--- The problem ---
Using the material that follows, identify and copy each line with the string "NotesMore".

--- Data section ---
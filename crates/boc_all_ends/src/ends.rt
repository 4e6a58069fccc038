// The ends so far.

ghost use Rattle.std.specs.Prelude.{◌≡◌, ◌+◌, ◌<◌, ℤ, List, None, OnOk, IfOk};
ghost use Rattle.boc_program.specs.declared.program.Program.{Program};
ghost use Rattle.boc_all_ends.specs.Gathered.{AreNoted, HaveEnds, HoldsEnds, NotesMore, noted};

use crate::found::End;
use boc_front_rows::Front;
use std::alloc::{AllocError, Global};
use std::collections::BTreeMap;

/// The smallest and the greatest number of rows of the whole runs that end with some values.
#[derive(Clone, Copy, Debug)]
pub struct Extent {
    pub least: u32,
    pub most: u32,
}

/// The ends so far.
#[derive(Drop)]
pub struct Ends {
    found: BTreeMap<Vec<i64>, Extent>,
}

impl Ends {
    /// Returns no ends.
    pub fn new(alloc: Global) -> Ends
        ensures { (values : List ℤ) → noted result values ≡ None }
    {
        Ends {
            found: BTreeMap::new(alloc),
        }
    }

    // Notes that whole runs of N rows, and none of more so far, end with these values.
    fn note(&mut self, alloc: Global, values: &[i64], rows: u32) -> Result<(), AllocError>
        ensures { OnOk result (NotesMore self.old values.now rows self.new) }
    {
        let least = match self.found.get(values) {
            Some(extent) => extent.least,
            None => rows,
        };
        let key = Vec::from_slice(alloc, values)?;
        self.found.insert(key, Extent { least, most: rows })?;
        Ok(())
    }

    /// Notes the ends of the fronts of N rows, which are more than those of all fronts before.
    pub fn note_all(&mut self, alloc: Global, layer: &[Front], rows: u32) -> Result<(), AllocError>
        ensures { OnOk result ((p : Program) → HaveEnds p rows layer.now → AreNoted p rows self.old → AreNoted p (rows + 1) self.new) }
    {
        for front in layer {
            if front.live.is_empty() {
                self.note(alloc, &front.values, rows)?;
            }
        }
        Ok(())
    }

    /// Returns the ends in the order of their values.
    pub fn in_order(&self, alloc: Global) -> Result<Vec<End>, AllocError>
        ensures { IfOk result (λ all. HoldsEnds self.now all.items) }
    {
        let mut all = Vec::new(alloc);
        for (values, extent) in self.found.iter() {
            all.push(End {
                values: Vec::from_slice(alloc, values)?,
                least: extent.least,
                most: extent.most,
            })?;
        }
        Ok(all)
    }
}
--
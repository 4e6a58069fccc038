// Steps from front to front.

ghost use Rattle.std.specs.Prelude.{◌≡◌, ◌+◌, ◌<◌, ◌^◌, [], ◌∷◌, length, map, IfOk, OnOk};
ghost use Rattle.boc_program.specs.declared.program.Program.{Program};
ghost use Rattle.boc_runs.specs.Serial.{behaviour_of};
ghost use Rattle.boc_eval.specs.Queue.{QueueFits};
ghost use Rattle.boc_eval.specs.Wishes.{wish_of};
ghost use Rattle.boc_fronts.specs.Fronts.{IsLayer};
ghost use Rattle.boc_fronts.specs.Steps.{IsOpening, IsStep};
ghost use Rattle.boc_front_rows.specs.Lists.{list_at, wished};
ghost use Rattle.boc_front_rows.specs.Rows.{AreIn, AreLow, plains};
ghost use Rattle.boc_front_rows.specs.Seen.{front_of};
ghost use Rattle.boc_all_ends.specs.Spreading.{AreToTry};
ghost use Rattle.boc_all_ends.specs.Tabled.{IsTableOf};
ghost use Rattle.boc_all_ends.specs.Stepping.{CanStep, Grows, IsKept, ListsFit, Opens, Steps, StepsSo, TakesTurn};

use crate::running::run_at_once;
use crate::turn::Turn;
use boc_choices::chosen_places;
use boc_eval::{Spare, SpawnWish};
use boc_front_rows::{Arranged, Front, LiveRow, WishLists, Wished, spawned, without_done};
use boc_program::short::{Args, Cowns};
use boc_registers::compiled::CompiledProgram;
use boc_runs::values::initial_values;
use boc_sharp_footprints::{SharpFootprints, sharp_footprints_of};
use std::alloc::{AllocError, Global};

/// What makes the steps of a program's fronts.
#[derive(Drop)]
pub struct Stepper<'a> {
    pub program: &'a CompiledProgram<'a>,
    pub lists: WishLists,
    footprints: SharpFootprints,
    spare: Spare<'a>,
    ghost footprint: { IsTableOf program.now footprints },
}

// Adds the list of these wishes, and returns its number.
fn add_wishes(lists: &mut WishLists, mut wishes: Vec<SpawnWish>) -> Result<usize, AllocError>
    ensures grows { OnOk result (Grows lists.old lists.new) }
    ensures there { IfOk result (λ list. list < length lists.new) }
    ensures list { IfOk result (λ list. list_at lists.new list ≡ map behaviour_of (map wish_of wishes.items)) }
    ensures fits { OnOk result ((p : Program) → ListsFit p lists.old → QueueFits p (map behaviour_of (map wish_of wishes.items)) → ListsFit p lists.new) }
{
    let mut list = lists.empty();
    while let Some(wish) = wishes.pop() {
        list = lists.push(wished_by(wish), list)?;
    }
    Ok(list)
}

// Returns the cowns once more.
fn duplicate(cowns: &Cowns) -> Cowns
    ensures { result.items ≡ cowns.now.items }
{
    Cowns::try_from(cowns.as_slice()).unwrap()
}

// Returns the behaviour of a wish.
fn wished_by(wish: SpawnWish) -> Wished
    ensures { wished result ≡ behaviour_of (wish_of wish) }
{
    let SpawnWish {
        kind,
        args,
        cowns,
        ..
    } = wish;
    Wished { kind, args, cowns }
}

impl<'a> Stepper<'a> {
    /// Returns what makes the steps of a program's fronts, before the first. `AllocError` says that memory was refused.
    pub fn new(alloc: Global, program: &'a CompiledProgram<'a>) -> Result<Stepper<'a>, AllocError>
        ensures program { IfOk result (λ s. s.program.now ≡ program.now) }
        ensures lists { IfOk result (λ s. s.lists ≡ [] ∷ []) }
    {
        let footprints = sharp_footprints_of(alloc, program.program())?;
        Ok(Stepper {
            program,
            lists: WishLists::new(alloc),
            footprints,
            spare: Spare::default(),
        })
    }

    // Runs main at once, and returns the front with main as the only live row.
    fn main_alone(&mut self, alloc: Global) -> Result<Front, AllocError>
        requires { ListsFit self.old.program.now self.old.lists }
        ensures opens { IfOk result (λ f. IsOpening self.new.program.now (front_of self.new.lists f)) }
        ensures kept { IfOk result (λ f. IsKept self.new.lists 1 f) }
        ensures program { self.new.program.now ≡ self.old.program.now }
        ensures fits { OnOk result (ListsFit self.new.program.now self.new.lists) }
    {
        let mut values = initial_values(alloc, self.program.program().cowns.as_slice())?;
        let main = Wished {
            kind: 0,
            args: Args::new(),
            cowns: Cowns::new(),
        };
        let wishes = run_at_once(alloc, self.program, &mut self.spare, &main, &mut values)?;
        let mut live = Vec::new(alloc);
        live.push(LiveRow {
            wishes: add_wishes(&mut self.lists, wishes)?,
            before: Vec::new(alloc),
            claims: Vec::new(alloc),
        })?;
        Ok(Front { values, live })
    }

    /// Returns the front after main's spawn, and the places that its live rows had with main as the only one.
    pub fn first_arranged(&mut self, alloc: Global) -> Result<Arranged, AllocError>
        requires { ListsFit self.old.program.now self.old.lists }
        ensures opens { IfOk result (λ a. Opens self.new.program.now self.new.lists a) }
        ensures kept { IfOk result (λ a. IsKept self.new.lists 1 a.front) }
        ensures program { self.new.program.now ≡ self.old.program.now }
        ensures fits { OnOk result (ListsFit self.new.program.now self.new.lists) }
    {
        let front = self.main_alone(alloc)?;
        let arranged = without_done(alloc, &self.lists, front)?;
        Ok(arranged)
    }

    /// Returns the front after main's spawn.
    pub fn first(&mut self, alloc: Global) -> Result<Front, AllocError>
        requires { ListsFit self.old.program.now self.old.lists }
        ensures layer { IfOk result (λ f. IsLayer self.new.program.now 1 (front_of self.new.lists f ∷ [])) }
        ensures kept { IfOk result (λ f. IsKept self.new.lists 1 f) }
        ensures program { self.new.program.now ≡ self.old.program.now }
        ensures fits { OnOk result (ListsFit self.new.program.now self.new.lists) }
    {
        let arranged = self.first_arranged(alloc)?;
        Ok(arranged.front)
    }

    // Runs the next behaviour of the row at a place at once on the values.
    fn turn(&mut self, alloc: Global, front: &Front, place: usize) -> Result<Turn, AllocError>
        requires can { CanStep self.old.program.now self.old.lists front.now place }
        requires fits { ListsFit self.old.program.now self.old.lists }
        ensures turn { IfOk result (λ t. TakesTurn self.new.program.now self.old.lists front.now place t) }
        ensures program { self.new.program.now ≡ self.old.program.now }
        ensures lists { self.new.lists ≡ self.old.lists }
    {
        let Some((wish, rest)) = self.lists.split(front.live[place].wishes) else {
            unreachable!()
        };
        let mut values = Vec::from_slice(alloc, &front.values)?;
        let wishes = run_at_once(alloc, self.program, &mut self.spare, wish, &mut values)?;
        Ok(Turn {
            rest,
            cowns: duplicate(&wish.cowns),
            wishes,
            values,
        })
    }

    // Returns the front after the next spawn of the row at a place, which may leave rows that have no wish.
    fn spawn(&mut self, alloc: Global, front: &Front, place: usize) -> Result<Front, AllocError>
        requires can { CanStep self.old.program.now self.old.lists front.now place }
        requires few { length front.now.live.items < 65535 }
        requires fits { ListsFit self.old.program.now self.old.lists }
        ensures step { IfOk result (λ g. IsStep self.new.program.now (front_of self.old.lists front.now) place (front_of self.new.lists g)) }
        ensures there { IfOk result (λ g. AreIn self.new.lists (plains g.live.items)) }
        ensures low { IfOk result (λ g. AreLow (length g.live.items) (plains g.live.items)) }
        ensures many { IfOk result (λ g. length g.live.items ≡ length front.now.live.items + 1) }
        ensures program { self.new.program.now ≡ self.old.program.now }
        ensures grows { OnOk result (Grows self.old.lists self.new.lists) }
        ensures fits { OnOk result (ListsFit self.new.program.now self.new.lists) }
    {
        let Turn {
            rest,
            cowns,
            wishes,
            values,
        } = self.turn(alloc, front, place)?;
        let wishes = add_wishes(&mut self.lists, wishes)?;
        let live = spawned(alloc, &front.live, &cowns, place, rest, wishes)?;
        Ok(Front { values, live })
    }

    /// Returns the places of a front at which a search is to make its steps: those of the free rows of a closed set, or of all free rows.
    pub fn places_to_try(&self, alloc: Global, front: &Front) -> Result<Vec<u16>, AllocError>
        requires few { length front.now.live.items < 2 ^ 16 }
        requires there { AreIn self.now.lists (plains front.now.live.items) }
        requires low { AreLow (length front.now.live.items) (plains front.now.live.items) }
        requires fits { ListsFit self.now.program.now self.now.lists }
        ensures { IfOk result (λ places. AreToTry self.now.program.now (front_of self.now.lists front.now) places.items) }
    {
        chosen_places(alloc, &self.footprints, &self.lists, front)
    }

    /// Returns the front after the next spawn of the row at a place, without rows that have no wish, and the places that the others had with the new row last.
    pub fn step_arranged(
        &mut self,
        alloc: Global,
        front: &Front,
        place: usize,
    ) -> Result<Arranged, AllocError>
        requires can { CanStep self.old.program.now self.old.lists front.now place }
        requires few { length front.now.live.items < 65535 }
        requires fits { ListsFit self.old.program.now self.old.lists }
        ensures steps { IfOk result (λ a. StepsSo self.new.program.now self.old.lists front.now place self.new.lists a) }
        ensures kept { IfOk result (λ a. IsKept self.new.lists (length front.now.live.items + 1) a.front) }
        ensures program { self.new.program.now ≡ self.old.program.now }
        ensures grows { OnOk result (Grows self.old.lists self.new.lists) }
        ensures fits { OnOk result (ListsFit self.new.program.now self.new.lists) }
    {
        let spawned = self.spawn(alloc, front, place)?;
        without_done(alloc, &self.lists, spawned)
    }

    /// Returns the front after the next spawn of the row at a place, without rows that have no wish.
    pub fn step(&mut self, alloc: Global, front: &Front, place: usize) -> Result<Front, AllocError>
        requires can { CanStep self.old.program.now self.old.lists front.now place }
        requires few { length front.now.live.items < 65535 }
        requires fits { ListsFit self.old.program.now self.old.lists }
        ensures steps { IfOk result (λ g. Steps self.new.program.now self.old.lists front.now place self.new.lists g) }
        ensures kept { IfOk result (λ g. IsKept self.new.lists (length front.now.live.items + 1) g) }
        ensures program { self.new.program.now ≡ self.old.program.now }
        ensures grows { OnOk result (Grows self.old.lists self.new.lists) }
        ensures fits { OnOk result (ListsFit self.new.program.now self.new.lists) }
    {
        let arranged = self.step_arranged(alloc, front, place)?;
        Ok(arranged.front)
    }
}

--- Reply ---
ghost use Rattle.boc_all_ends.specs.Gathered.{AreNoted, HaveEnds, HoldsEnds, NotesMore, noted};
        ensures { OnOk result (NotesMore self.old values.now rows self.new) }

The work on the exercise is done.